Raid, link aggregation... alloys and molecular structures

To get to the point of this post just skip to the Here’s What I Have Learned section.

I have been playing around with my EX4100 for the last few weeks and have things I would like to share. I am pretty good on computers but am more of a spert than an expert. I have built my own computers since 2006.
I purchased my EX4100 in February of 2017 and feel like it has been pretty reliable and trouble free. I had four 8TB drives running in raid 5 but a few months ago I realized that this system was reaching capacity. I can’t add any more drives. Buying four more 10 or 12 TB drives was pretty out of the question, so I started to look for other options.

I tried building a DIY NAS (FreeNas system) with old parts including a CPU and motherboard from my first 2006 build. With a DIY server i would not be limited to only 4 drives. It worked but had issues. The biggest downfall was how slow it was in read/writes. For you FreeNas types… I did set up a SSD raid 0 buffer. That helped, and I even setup this server, and my computer, with 10Gb NICs.
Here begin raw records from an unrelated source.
// The list of units.
ghost use Rattle.std.specs.Prelude.{◌≡◌, ◌+◌, ◌≤◌, ◌<◌, ◌^◌, ◌++◌, drop, length, IfOk, OnOk};
ghost use Rattle.tx_doc.specs.Buffers.{document_of};
ghost use Rattle.tx_units.specs.Units.{units, units_over, style_units, initial_units, nodes_made, made, made_over};

use crate::base::base_units;
use crate::bodies::add_body;
use crate::initial::add_initial;
use crate::kinds::Unit;
use crate::styles::add_styles;
use std::alloc::Global;
use std::sync::ledger::Ledger;
use tx_base::{Memory, Steps};
use tx_doc::Buffer;

// Adds the units of styles and of the initial environment.
fn add_front<L: Ledger>(
    alloc: Global,
    units: &mut Vec<Unit>,
    buffers: &[Buffer],
    steps: &mut Steps<L>,
) -> Result<(), Memory>
    requires some { 1 ≤ length buffers.now }
    requires few { length buffers.now < 2 ^ 32 }
    ensures ok { OnOk result (units.new.items ≡ units.old.items
        ++ (style_units (document_of buffers.now) (drop 1 buffers.now) ++ initial_units (document_of buffers.now))) }
    ensures counted { steps.new ≤ steps.old
        + (nodes_made (style_units (document_of buffers.now) (drop 1 buffers.now))
        + nodes_made (initial_units (document_of buffers.now))) }
{
    let Some((document, styles)) = buffers.split_first() else {
        unreachable!()
    };
    add_styles(alloc, units, &document.tree, styles, steps)?;
    add_initial(alloc, units, &document.tree, steps)
}

/// The units of buffers over these, which stand for those of the base style: after them those of the styles that the
/// document names, of its initial environment, and the paragraphs of its body. Buffer 0 is the document, and the others
/// are the loaded styles.
///
/// Whatever it returns, the steps rise by at most the nodes that are made, without those of the given units.
pub fn units_over<L: Ledger>(
    alloc: Global,
    base: Vec<Unit>,
    buffers: &[Buffer],
    steps: &mut Steps<L>,
) -> Result<Vec<Unit>, Memory>
    requires some { 1 ≤ length buffers.now }
    requires few { length buffers.now < 2 ^ 32 }
    ensures units { IfOk result (λ us. us.items ≡ units_over base.items buffers.now) }
    ensures counted { steps.new ≤ steps.old + made_over buffers.now }
{
    let mut units = base;
    add_front(alloc, &mut units, buffers, steps)?;
    add_body(alloc, &mut units, &buffers[0].tree)?;
    Ok(units)
}

/// The units of buffers, in the order in which they are evaluated: those of the base style, of the styles that the
/// document names, of its initial environment, and the paragraphs of its body. Buffer 0 is the document, and the others
/// are the loaded styles.
///
/// Whatever it returns, the steps rise by at most the nodes that are made, those of the base style included.
pub fn units<L: Ledger>(
    alloc: Global,
    buffers: &[Buffer],
    steps: &mut Steps<L>,
) -> Result<Vec<Unit>, Memory>
    requires some { 1 ≤ length buffers.now }
    requires few { length buffers.now < 2 ^ 32 }
    ensures units { IfOk result (λ us. us.items ≡ units buffers.now) }
    ensures counted { steps.new ≤ steps.old + made buffers.now }
{
    let base = base_units(alloc, steps)?;
    units_over(alloc, base, buffers, steps)
}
That did speed things up but ultimately my 680i sli MB and lga775 cpu running freenas 24/7 was not reliable… IE crashed a lot which caused the FreeNas to want to check the parity disk constantly making it pretty unuseable. I think ultimately, to make this system work, it needed a modern CPU and motherboard. Expensive and in the end not very energy efficient compared to my EX4100.

So back to my EX4100. I thought about wiping it and setting the drives up in raid 0. That way I could use all 32TB of my drives. I have all my data backed up on hard drives that i store in my desk but the idea of reloading 22TB of data on that pokey 1 gig Nic sounded painful. Raid 0… Yeah! that would be cool though. Fast right? and maybe I could speed up my network connection. There are two 1Gg NICs on the back of this thing. Link aggregation right? I could get a managed switch and maybe get 2Gb data transfer speeds… Yeah!! wooo! …

So I did some research and got myself a Netgear managed switch (MS510TX) that can do link aggregation.

My new Netgear switch has two 10Gb ports, so one went into my computers new 10Gb NIC, no bottle neck at that end. I set the switch up for LAG on the two ports hooked up to the EX4100. On the EX4100 I went to Network Settings and set up Link Aggregation to 802.3ad… man this is exciting, yes?! All that there was left to do was run a file to or from my NAS and be amazed at the speed gains.

Here is what I have learned
:stuck_out_tongue_winking_eye: Link Aggregation
With the EX4100, there are no speed gains running Link Aggregation through a managed switch. None! With one CAT6 cable run to one of the 1Gb NICs I got 113MB speed reads/writes. With two CAT6 cables run in Link Aggregation setup with a managed switch I got 113MB speed reads/writes… (have you seen the movie Fifth Element? there is a scene where Zorg gets a case of 4 stones from these pirate aliens. He is super excited to get the stones but when he opens the case the stones are missing. That is pretty much how i felt at this point). I am guessing that this is why there is no info on successful speed gains in Link Aggregation in the manual or in the forums. That Link Aggregation setting in the GUI is so tempting… just laying there for something interesting to happen, but no. I have played this out and am convinced that there is nothing there.

:money_mouth_face: Raid
With no speed improvements over the network there is no reason to run something as outrageous as raid 0. I can get the same realestate from disk spanning without the wear and tear from using Raid. I have some other thoughts on raid as well. My system ran fine on raid 5 but I have read that raid 5 is not always successful when rebuilding from a failed drive. If that is the case then raid 0 is cool because if you have to rebuild your raid anyway then raid 0 is faster on reads/writes and there is no redundant data so you get your full capacity on hard drives. I think that this is all true if you can utilize the speed gains from using raid. Raids down sides, besides losing all your data if a drive fails, is that there can be data degradation from raid striping. Im not entirely sure if i have experienced this, but there are some movies on my server that have glitches. These could have been from the recording and/or transfer of the movies to my NAS but it could be from raid degradation.

:upside_down_face: Epilog
so John, after all this what did you end up doing? I formatted the system and setup disk spanning and got my full 32TB of capacity to use. I can’t use raid 5, even if I had more faith in it, because i am at full capacity. There is no reason to use the speedy but dangerous raid 0 with the pokey 1Gb nic. I used disk spanning because I need to have all the data in one volume… so as not to upset my other half. Her primitive intellect wouldn’t understand alloys and compositions and things with molecular structures…
Anyway this was my rant, I think i have earned it. I am writing this as my backup disks are pumping video and photos back into my NAS. It has been few days so far and I have another 8TB or so to go. If you made it to this point you must have been interested in raid or lag. Like I said I am no expert and if you think i have made some error in setting up LAG on my system… that I can speed up my network connection to my WD4, lemme know. Also if you agree/disagree with me about my opinions on raid I would like to hear what you think.